Sparta had suffered many severe defeats before Thermopylae, and in no other did an entire fighting force die to the last man for a lost cause. For example, there is good reason to believe that Sparta lost the First Messenian War, and it was ensuing economic and social dislocation that led to unrest and revolution.  Certainly, Sparta was given a resounding thrashing by the Argives at Hysiai in 669 BC, but even so the Spartans retreated rather than die to the last man.  Roughly one hundred years later, Sparta again over-reached herself in an attempt to conquer Tegea, and again there were survivors; they were enslaved in Tegea and forced to do agricultural labor for Tegean masters. In 525 BC, a Spartan expedition against Samos likewise ended in humiliating defeat, but not the extermination of the expeditionary force.  Finally, in the reign of Leonidas’ half-brother Cleomenes, a Spartan force under Anchimolius was attacked by Thessalian cavalry 1000 strong at Phalerum, and, according to Herodotus, “many Lacedaemonians were killed…and the survivors driven back to their ships.”  Note, again, the survivors were driven back to their ships, which they presumably boarded and used to return to Lacedaemon. There is not a word about dying to the last man.

Nor did “death rather than surrender” become the standard for future Spartan commanders after Thermopylae. The history of the Peloponnesian war is littered with Spartan defeats; none were massacres.  Even in the infamous case of 120 Spartiates trapped on the island of Sphakteria, the record shows that they surrendered and were taken off into (brutal!) Athenian captivity.  Nor were they written off by an indignant population as cowards, "tremblers" or otherwise disgraced and worthless.  Had they been so viewed, Sparta would not have sued for peace and made serious concessions to Athens to have them returned. Even their collective degradation from full-citizen status on their return is not indicative of disapproval of surrender. On the contrary, it more likely reflects fear that men who had been in Athens for almost four years might have become subverted (brainwashed, is the Cold War term) by Athenian democracy.  After an unknown period, they were collectively reinstated, and some even ran for public office. That would not have been possible, if the majority of Spartans had felt they should have committed suicide rather than surrender.

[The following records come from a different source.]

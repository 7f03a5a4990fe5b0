//! Listing the blocks of a PcapNg capture, with any form of lines.

ghost use Rattle.std.specs.Prelude.{⊤, ◌≡◌, ℕ, List};
ghost use Rattle.pcap_items.specs.Format.{Format};
ghost use Rattle.pcap_ng.specs.Blocks.{Item, item_of};
ghost use Rattle.pcap_ng.specs.Parser.{state_of};
ghost use Rattle.pcap_ng.specs.State.{State};
ghost use Rattle.pcap_program.specs.Lines.{WritesLine};
ghost use Rattle.capcopy_run.specs.OfBlocks.{AreBlocks};

use crate::items::Lister;
use pcap_file::PcapError;
use pcap_file::pcapng::{Block, PcapNgParser};
use pcap_program::Exit;
use std::alloc::Global;
use std::io::{BufRead, Write};

/// A writer of lines for blocks.
pub trait BlockLine {
    ghost Setting: { Type 0 };

    ghost Kept: { Type 0 };

    ghost Reached: { Type 0 };

    ghost Value: { Type 0 };

    ghost line: { Setting → ℕ → Value → List ℕ → Type 0 };

    ghost format: { Format Reached Value };

    ghost reached: { State → Kept → Reached };

    ghost value: { Kept → Item → Value };

    ghost behind: { Kept → Item → Kept };

    ghost setting: { Self → Setting };

    ghost kept: { Self → Kept };

    /// Writes the line of the block at this index, if it has one. The parser is in its state after the block.
    fn write_line<W: Write>(
        &mut self,
        alloc: Global,
        output: &mut W,
        index: u64,
        parser: &PcapNgParser,
        block: &Block,
    ) -> Result<(), Exit>
        ensures same { setting self.new ≡ setting self.old }
        ensures keeps { kept self.new ≡ behind (kept self.old) (item_of (state_of parser.now) block.now) }
        ensures writes { WritesLine (line (setting self.old) index (value (kept self.old) (item_of (state_of parser.now) block.now)))
            (W.contents output.old) (W.contents output.new) result };

    ghost are_blocks: { AreBlocks format reached value behind };
}

/// The blocks of a capture that follow those of a parser, and the writer of their lines.
#[derive(Drop)]
pub struct Blocks<L> {
    /// The writer of their lines.
    pub lines: L,
    /// The parser, in its state before the next block.
    pub parser: PcapNgParser,
}

impl<L: BlockLine> Lister for Blocks<L> {
    ghost Setting = { L.Setting };

    ghost State = { L.Reached };

    ghost Value = { L.Value };

    ghost grows = { ⊤ };

    ghost is_line = { L.line };

    ghost format = { λ setting. L.format };

    ghost setting = { λ blocks. L.setting blocks.lines };

    ghost state = { λ blocks. L.reached (state_of blocks.parser) (L.kept blocks.lines) };

    fn list_shown<W: Write>(
        &mut self,
        alloc: Global,
        shown: &[u8],
        output: &mut W,
        listed: &mut u64,
        most: u64,
    ) -> Result<usize, Exit> {
        let mut rest = shown;
        while *listed < most {
            match self.parser.next_block(rest) {
                Ok((after, block)) => {
                    let lines = &mut self.lines;
                    lines.write_line(alloc, output, *listed + 1, &self.parser, &block)?;
                    *listed += 1;
                    rest = after;
                }
                Err(PcapError::OutOfMemory(_)) => return Err(Exit::Memory),
                Err(_) => break,
            }
        }
        Ok(shown.len() - rest.len())
    }

    fn list_torn<R: BufRead, W: Write>(
        &mut self,
        alloc: Global,
        input: &mut R,
        output: &mut W,
        listed: &mut u64,
        most: u64,
    ) -> Result<bool, Exit> {
        let Some(block) = self.parser.read_block(input)? else {
            return Ok(false);
        };
        let lines = &mut self.lines;
        lines.write_line(alloc, output, *listed + 1, &self.parser, &block)?;
        *listed += 1;
        Ok(true)
    }
}
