// How nodes grow in a placer.
ghost use Rattle.std.specs.Prelude.{◌≡◌};
ghost use Rattle.tree.specs.Labels.{slot_of};
ghost use Rattle.grammar.specs.Nodes.{named as named_label, unary};
ghost use Rattle.builder.specs.Growth.{Furthers, Raises, Changes, opened_by};

use kinds::SyntaxKind;
use operators::{goes_on, node};
use syntax::Span;
use tree::{Aside, NodeKind, Placer, Slot};

// A node with a name.
pub(crate) fn named(kind: NodeKind, span: Span, name: Span) -> Slot
    ensures { result ≡ slot_of (named_label kind span name) 0 0 0 }
{
    Slot {
        name,
        ..Slot::new(kind, span)
    }
}

// The root becomes the next child of `parent`, which is the root then and reaches to its end.
pub(crate) fn further(parent: Aside, out: &mut Placer)
    ensures { Furthers parent out.old out.new }
{
    let span = parent.root.span.combine(&out.root.span);
    out.adopt(parent);
    out.root.span = span;
}

// A node that has nothing below it yet becomes the root, above the root, and reaches to its end.
pub(crate) fn above(parent: Slot, out: &mut Placer)
    ensures { Raises parent out.old out.new }
{
    further(
        Aside {
            root: parent,
            last: 0,
        },
        out,
    );
}

// A new node above the root.
pub(crate) fn raise(kind: NodeKind, span: Span, out: &mut Placer)
    ensures { Changes 1 (unary kind span) out.old out.new }
{
    above(Slot::new(kind, span), out);
}

// Makes the root the node that an operator's right side becomes a child of.
pub(crate) fn open(op: SyntaxKind, out: &mut Placer)
    ensures { Changes 1 (opened_by op) out.old out.new }
{
    if !goes_on(op, out.root.kind) {
        raise(node(op).unwrap_or(NodeKind::Blank), out.root.span, out);
    }
}
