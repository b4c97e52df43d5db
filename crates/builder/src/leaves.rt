ghost use Rattle.std.specs.Prelude.{◌≡◌, true};
ghost use Rattle.reader.specs.declared.mark.Mark.TheVariants.{Token as TokenOf, End as EndOf};
ghost use Rattle.reader.specs.Symbols.Sym.{one, seq};
ghost use Rattle.reader.specs.Contract.{plain, settles};
ghost use Rattle.grammar.specs.Nodes.{leaf, name_leaf};
ghost use Rattle.std.specs.Prelude.{Ok as OkOf};
ghost use Rattle.literal.specs.Floats.{float_of};
ghost use Rattle.literal.specs.Integers.{integer_of};
ghost use Rattle.literal.specs.Regexps.{regexp_of};
ghost use Rattle.grammar.specs.Nodes.{float_tree, integer_tree, regexp_tree, integer_label};
ghost use Rattle.tree.specs.Labels.{slot_of};
ghost use Rattle.std.specs.Prelude.{false};
ghost use Rattle.kinds.specs.declared.kind.SyntaxKind.TheVariants.{IDENT, FLOAT_LIT, INTEGER_LIT, REGEXP, TERM};
ghost use Rattle.tree.specs.declared.node.NodeKind.TheVariants.{Ident};
ghost use Rattle.builder.specs.Builds.{Builds, Makes};
ghost use Rattle.builder.specs.Leaves.{float_label, regexp_label};

// What is read without going deeper.
use crate::grow::named;
use kinds::SyntaxKind;
use literal::{Integer, Regexp, float_lit, integer_lit, regexp_lit};
use reader::Reader;
use refusal::Refusal;
use syntax::Span;
use tree::{CASE_INSENSITIVE, DOT_MATCHES_NEW_LINE, NodeKind, Placer, Slot, UNSIGNED};

// A keyword that is a node, and the end of the node around it.
pub(crate) fn keyword(
    kind: SyntaxKind,
    node: NodeKind,
    close: SyntaxKind,
    input: &mut Reader,
    out: &mut Placer,
) -> Result<(), Refusal>
    requires { plain (TokenOf kind) ≡ true }
    ensures { Builds (settles (EndOf close)) 0 (seq (one (TokenOf kind)) (one (EndOf close))) (λ a y. Makes (leaf node a.0) out.old out.new) input.old out.old input.new out.new result }
{
    let span = input.expect(kind)?;
    out.root = Slot::new(node, span);
    input.end(close)
}

// A name that is a node.
pub(crate) fn identifier(input: &mut Reader, out: &mut Placer) -> Result<(), Refusal>
    ensures { Builds true 0 (one (TokenOf IDENT)) (λ s y. Makes (name_leaf Ident s) out.old out.new) input.old out.old input.new out.new result }
{
    let name = input.identifier(SyntaxKind::IDENT)?;
    out.root = named(NodeKind::Ident, name, name);
    Ok(())
}

// The slot of a float literal.
fn float_slot(float: f64, span: Span) -> Slot
    ensures { result ≡ slot_of (float_label float span) 0 0 0 }
{
    Slot {
        float,
        ..Slot::new(NodeKind::LiteralFloat, span)
    }
}

// FLOAT_LIT, and the end of its term.
pub(crate) fn float_term(input: &mut Reader, out: &mut Placer) -> Result<(), Refusal>
    ensures { Builds false 0 (seq (one (TokenOf FLOAT_LIT)) (one (EndOf TERM))) (λ a y. Makes (float_tree (float_of input.old.source.now a.0) a.0) out.old out.new) input.old out.old input.new out.new result }
{
    let span = input.expect(SyntaxKind::FLOAT_LIT)?;
    let float = float_lit(input.source, span)?;
    out.root = float_slot(float, span);
    input.end(SyntaxKind::TERM)
}

// The slot of an integer literal.
fn integer_slot(integer: Integer, span: Span) -> Slot
    ensures { result ≡ slot_of (integer_label integer span) 0 0 0 }
{
    Slot {
        value: integer.value,
        flags: if integer.unsigned { UNSIGNED } else { 0 },
        ..named(NodeKind::LiteralInteger, span, integer.name)
    }
}

// INTEGER_LIT, and the end of its term.
pub(crate) fn integer_term(input: &mut Reader, out: &mut Placer) -> Result<Integer, Refusal>
    ensures { Builds false 0 (seq (one (TokenOf INTEGER_LIT)) (one (EndOf TERM))) (λ a y. (integer_of input.old.source.now a.0 ≡ OkOf y) × Makes (integer_tree (integer_of input.old.source.now a.0) a.0) out.old out.new) input.old out.old input.new out.new result }
{
    let span = input.expect(SyntaxKind::INTEGER_LIT)?;
    let integer = integer_lit(input.source, span)?;
    out.root = integer_slot(integer, span);
    input.end(SyntaxKind::TERM)?;
    Ok(integer)
}

// The slot of a regexp.
fn regexp_slot(regexp: Regexp, span: Span) -> Slot
    ensures { result ≡ slot_of (regexp_label regexp span) 0 0 0 }
{
    let i = if regexp.case_insensitive {
        CASE_INSENSITIVE
    } else {
        0
    };
    let s = if regexp.dot_matches_new_line {
        DOT_MATCHES_NEW_LINE
    } else {
        0
    };
    Slot {
        flags: i + s,
        ..named(NodeKind::Regexp, span, regexp.body)
    }
}

// REGEXP, and the end of its term.
pub(crate) fn regexp_term(input: &mut Reader, out: &mut Placer) -> Result<(), Refusal>
    ensures { Builds false 0 (seq (one (TokenOf REGEXP)) (one (EndOf TERM))) (λ a y. Makes (regexp_tree (regexp_of input.old.source.now a.0) a.0) out.old out.new) input.old out.old input.new out.new result }
{
    let span = input.expect(SyntaxKind::REGEXP)?;
    let regexp = regexp_lit(input.source, span)?;
    out.root = regexp_slot(regexp, span);
    input.end(SyntaxKind::TERM)
}
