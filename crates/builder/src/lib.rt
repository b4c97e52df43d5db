// Reads the gathered events of a condition into a tree in lent slots and text: so far how nodes grow, and what is read without
// going deeper. Nothing is called from outside yet.
#![tactic(auto)]

mod grow;
mod leaves;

Leonidas’ legacy was not one of blind, mindless self-sacrifice. His example was one of devotion to duty, even unto death, for a good cause.  Leonidas did not die for the sake of dying – much less take his comrades with him to a senseless death.  He had clear military objectives that he hoped to achieve by his last stand: 1) giving the other Greek contingents time to withdraw and live to fight another day, and 2) increasing Persian respect for/fear of Spartans.  Once the pass at Thermopylae was turned, Leonidas knew the Persian army would advance unopposed into Central Greece. He could not know where it would next be confronted by land-forces, but he must have feared that it might sweep through Central Greece to the Isthmus of Corinth. He must have feared that Sparta might find herself virtually alone facing the onslaught.  Anything he could do to make Xerxes hesitate to take on a Spartan army must have seemed worthwhile.  That is a legacy worth preserving.

Last but not least, as a devout Spartan, Leonidas undoubtedly believed he had to fulfill the Delphic Oracle. He knew he had to die, if Sparta was to be saved. In that sense, he was from the start a sacrificial lamb, but not until the position at Thermopylae was betrayed, did his sacrifice inherently encompass defeat as well.  He probably hoped when he set out for Thermopylae that he could die in a victorious battle – or at least an indecisive one. He certainly hoped and expected that alive or dead his advance force over 6,000 strong could hold the Hot Gates until Sparta’s full army could reinforce the advance guard. 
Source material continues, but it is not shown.